# THE TASK
Within the records below, how many lines hold the word "Rattle"? Only the number should be returned.

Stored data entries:
========
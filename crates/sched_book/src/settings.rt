//! What the operator chose.

use texts::{Same, Text};

/// What the operator chose when the project's tables were created. It never changes.
#[derive(Clone, Drop)]
pub struct Settings {
    /// The most jobs that a host may get on one day, if it does well: 1 to 1,000,000.
    pub daily_result_quota: u32,
    /// The most hosts: 1 to 100,000.
    pub max_hosts: u32,
    /// The most jobs that a host may have in progress: 1 to 1,000.
    pub max_wus_in_progress: u32,
    /// The most new jobs of one reply: 1 to 100.
    pub max_wus_to_send: u32,
    /// The operator's secret word, of at least 8 bytes.
    pub operator_key: Text,
    /// Seconds that a client must wait before its next call: up to 2,592,000.
    pub request_delay: u32,
    /// Whether jobs that a client lost are sent to it again.
    pub resend_lost_results: bool,
}

impl Same for Settings {
    ghost use Rattle.std.proofs.Common.{rules};

    ghost exact = { λ settings copy is_copy. Prim.search rules };
}
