//! Moments read from instants of ISO 8601.

ghost use Rattle.std.specs.Prelude.{◌≡◌};
ghost use Rattle.instants.specs.Instants as spec;

use jiff::Timestamp;
use sched_book::Moment;
use texts::utf8_text;

/// Returns the moment of an instant of ISO 8601. It is `None` if the bytes are not UTF-8, or if `jiff` reads no
/// instant. It is also `None` if the instant is not on a whole second, or is no moment.
pub fn moment_of(text: &[u8]) -> Option<Moment>
    ensures { result ≡ spec.moment_of text.now }
{
    match utf8_text(text) {
        Some(text) => moment_in(text),
        None => None,
    }
}

/// The same for a text.
pub fn moment_in(text: &str) -> Option<Moment>
    ensures { result ≡ spec.moment_in text.now }
{
    match text.parse::<Timestamp>() {
        Ok(instant) => moment_at(instant),
        Err(_) => None,
    }
}

fn moment_at(instant: Timestamp) -> Option<Moment>
    ensures { result ≡ spec.moment_of_nanoseconds instant.nanosecond }
{
    if instant.subsec_nanosecond() != 0 {
        return None;
    }
    match u64::try_from(instant.as_second()) {
        Ok(second) => Moment::new(second),
        Err(_) => None,
    }
}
========
# SOLUTION
3